[Start of section]
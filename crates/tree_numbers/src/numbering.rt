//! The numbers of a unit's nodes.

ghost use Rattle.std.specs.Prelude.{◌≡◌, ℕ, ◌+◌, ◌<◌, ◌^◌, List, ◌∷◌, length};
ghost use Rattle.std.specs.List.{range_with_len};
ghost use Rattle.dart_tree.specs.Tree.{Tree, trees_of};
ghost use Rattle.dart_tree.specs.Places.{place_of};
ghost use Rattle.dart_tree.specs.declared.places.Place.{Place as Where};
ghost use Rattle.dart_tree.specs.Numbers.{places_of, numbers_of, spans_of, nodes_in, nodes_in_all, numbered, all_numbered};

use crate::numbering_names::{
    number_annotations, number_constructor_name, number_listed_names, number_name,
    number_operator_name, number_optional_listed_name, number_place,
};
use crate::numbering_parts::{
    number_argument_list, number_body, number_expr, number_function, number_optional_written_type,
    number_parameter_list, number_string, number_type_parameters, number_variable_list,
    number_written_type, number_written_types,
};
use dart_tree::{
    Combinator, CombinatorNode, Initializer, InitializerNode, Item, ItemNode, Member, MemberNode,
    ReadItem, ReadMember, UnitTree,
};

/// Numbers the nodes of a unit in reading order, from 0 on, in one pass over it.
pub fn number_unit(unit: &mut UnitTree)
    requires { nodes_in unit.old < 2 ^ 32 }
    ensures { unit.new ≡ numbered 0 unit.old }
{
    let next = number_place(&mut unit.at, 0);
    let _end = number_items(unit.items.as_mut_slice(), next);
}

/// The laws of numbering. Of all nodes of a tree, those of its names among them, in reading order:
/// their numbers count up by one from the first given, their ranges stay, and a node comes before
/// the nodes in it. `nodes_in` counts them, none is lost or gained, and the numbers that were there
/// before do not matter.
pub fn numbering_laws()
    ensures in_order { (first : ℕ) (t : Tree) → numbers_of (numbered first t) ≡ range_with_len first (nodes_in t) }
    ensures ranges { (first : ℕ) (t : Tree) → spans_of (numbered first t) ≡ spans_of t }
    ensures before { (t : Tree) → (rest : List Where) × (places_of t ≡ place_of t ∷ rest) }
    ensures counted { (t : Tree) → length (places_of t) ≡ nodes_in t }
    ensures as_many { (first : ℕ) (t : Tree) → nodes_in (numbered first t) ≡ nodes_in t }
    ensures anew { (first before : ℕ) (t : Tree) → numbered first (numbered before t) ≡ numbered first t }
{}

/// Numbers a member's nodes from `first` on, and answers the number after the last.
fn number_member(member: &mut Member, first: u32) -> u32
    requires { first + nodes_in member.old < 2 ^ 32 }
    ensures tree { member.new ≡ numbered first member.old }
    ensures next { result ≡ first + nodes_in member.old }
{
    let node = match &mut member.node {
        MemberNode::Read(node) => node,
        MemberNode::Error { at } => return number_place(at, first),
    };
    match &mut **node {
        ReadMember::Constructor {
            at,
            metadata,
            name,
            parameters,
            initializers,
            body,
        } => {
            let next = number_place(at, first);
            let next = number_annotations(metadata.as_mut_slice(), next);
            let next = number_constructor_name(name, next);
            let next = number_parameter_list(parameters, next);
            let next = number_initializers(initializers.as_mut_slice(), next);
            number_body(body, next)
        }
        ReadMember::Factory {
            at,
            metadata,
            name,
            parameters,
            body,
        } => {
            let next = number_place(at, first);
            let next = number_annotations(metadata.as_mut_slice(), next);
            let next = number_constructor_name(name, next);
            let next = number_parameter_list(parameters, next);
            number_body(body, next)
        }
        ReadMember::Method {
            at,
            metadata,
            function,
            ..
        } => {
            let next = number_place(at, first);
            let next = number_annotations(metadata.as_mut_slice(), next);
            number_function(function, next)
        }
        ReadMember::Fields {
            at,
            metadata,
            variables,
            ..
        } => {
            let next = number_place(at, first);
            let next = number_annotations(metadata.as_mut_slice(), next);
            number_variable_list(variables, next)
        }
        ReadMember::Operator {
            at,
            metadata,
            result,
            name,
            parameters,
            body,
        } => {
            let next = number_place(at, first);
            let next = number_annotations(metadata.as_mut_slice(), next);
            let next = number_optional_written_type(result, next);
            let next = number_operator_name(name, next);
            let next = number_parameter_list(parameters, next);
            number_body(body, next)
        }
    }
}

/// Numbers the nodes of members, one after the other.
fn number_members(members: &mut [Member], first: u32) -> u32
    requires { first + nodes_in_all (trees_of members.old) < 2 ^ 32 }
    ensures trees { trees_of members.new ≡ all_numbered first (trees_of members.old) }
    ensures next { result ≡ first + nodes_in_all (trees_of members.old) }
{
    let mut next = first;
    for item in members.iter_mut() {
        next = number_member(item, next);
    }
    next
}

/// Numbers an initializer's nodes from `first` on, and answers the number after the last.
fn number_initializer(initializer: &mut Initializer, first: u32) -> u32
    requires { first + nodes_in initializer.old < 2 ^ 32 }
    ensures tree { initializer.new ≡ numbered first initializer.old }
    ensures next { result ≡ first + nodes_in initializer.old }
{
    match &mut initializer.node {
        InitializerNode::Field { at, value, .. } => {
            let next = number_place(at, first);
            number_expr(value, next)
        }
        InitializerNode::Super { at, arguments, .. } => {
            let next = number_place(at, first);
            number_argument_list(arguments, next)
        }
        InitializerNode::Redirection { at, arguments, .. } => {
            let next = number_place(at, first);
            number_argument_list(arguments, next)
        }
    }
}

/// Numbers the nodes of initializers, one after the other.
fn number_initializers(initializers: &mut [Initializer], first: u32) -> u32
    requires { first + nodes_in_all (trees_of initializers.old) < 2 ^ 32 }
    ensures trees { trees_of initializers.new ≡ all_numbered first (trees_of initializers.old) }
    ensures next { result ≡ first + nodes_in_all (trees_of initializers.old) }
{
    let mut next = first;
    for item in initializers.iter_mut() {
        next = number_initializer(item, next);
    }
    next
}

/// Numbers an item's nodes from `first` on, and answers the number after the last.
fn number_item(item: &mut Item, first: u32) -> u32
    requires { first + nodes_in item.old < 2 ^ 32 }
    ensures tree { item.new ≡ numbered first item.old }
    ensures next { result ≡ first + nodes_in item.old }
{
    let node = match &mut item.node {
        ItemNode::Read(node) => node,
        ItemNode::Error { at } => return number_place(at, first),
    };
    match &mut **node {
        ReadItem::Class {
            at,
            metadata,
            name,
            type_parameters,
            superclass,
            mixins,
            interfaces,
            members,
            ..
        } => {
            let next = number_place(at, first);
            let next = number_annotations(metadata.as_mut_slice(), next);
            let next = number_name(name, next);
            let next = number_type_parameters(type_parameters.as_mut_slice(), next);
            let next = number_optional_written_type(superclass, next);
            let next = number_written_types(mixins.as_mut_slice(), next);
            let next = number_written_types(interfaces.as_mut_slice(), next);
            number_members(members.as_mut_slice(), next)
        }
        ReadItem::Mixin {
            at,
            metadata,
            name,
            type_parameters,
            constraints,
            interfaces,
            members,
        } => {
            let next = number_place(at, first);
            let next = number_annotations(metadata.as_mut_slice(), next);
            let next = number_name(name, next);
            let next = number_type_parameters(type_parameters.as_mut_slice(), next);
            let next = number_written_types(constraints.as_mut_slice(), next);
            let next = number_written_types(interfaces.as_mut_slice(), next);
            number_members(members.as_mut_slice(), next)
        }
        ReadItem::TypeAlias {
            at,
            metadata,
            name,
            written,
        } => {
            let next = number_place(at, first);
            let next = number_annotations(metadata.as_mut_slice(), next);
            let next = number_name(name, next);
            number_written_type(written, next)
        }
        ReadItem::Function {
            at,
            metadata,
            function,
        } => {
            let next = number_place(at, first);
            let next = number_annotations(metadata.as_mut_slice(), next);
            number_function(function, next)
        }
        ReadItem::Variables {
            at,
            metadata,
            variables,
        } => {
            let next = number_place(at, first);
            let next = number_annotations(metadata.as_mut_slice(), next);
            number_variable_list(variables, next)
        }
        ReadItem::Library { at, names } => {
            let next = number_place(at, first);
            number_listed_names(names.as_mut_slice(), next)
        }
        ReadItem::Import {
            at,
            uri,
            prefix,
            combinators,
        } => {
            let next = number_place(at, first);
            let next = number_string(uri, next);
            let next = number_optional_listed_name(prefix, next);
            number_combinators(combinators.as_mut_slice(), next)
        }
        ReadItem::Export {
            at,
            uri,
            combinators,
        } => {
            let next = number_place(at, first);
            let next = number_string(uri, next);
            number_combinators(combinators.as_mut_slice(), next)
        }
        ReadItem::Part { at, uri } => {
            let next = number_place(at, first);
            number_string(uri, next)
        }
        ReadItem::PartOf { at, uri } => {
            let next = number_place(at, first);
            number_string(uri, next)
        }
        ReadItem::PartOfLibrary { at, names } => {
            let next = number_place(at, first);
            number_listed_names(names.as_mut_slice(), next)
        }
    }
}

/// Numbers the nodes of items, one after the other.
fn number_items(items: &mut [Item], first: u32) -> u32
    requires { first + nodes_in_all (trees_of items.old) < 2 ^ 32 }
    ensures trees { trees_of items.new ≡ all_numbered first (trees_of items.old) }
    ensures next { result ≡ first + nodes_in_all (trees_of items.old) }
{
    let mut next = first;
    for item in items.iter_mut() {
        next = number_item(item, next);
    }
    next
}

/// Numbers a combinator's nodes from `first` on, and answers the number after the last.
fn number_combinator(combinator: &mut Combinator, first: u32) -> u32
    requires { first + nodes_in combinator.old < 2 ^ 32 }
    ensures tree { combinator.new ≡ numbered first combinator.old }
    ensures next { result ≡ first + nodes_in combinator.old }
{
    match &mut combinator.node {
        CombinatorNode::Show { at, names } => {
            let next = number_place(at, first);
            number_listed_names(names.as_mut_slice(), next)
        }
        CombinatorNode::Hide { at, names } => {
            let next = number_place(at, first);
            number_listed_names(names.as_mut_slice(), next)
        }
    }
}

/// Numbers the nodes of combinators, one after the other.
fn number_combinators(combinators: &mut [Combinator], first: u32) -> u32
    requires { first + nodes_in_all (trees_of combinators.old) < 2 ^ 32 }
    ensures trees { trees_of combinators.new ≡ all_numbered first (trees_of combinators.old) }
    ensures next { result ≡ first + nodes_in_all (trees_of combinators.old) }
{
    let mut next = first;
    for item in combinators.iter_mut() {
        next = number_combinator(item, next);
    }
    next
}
[End of section]
[Start of section]
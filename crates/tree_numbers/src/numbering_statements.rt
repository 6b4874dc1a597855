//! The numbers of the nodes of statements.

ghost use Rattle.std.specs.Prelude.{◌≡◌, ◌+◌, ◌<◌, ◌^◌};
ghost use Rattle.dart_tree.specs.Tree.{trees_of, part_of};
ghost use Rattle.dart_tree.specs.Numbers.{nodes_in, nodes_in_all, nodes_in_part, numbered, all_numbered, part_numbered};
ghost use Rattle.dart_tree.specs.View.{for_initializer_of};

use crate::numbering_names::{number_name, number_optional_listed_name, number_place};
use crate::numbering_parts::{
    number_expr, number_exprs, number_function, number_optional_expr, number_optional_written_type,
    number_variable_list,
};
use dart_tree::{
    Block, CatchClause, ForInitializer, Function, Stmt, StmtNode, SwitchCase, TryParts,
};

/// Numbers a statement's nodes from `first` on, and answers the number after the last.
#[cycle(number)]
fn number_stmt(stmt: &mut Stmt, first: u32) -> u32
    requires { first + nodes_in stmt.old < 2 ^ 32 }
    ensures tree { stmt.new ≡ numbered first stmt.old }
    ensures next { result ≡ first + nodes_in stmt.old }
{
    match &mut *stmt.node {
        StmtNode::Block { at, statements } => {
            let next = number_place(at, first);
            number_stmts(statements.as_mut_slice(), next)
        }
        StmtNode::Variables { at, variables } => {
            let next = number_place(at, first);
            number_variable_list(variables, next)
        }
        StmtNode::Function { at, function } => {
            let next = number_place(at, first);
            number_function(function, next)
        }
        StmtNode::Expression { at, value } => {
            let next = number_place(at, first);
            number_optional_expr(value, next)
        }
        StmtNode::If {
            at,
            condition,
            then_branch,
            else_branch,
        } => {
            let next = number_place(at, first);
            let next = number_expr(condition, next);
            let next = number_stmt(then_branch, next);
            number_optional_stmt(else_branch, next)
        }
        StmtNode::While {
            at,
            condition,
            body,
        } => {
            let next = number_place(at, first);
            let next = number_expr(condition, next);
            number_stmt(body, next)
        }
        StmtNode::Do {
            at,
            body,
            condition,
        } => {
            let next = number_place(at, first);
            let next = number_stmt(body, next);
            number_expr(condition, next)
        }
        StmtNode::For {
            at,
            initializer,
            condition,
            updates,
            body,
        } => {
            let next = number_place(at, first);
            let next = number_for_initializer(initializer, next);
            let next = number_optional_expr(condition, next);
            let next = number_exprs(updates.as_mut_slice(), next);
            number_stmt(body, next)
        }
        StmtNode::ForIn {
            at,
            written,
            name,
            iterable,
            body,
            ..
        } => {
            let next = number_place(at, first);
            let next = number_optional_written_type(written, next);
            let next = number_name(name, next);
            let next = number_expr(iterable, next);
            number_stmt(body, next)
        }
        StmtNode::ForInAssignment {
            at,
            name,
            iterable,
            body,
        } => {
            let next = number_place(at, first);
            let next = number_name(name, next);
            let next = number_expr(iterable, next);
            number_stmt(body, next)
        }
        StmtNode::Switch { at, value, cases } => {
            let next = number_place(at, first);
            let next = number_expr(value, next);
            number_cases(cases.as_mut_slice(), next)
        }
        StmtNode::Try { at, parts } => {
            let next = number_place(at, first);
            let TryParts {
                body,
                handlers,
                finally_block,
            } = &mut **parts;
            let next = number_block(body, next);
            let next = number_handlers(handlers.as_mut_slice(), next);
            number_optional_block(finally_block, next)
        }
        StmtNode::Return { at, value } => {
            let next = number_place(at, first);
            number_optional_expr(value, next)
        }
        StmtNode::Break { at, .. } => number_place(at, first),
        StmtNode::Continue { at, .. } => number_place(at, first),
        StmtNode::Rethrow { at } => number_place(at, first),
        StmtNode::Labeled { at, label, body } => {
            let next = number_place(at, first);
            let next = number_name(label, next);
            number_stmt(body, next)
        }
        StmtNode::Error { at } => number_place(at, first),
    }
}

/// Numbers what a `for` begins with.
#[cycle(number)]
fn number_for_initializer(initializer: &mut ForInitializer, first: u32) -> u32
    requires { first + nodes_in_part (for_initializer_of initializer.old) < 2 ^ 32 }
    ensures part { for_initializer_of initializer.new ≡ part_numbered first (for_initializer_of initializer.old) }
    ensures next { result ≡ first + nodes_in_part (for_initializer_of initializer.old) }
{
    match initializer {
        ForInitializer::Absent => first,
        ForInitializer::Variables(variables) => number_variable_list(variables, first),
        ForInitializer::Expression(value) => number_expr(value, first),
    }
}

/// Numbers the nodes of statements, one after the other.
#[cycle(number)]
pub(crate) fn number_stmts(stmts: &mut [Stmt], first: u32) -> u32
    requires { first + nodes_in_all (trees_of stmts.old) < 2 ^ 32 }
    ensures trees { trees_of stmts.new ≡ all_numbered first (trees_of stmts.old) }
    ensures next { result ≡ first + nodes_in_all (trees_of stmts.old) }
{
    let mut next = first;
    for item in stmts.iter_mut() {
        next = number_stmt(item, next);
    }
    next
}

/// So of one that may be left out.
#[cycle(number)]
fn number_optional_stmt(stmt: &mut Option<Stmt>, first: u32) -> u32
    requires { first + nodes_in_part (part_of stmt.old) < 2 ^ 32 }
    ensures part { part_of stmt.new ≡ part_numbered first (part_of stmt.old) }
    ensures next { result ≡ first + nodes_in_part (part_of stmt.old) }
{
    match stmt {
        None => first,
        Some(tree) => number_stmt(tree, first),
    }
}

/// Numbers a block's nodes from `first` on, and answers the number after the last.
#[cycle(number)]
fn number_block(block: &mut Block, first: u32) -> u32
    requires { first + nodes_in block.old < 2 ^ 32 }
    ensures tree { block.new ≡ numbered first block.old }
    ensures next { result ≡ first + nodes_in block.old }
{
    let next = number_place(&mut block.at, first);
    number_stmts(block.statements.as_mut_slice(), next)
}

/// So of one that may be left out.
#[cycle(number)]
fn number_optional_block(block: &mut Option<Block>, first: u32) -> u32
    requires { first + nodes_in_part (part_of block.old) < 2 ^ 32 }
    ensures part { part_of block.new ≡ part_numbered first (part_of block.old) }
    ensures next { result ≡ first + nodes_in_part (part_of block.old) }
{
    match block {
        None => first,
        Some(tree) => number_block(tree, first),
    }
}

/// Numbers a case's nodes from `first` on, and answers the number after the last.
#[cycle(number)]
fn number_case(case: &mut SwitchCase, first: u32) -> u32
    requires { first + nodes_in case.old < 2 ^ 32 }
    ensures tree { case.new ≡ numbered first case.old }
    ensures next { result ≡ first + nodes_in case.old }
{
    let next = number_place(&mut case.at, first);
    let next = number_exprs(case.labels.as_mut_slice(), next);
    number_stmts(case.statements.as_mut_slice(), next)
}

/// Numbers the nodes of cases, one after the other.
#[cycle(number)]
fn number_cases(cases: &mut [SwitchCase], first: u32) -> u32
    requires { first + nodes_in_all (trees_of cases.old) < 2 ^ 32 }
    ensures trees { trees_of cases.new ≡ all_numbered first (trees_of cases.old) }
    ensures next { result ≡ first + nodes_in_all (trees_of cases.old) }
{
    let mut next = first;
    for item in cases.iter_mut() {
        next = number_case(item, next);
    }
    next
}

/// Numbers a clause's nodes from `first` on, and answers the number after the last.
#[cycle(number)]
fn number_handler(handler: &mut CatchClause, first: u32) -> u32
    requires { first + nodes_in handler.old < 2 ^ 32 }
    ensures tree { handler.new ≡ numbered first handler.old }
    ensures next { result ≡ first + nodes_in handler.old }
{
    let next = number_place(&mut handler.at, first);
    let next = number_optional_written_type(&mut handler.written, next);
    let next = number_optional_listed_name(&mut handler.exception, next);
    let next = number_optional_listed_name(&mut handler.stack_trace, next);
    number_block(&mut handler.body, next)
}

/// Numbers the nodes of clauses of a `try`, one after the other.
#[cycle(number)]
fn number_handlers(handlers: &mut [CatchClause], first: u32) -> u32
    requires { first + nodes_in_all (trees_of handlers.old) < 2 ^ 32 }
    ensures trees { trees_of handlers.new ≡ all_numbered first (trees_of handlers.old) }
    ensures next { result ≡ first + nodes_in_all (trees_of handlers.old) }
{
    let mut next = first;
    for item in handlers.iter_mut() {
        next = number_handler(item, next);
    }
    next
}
[End of section]
» **Problem to work on**
Find the number of lines in the data above that contain "prefix". Please give that number alone.

» **Answer for this exercise**
2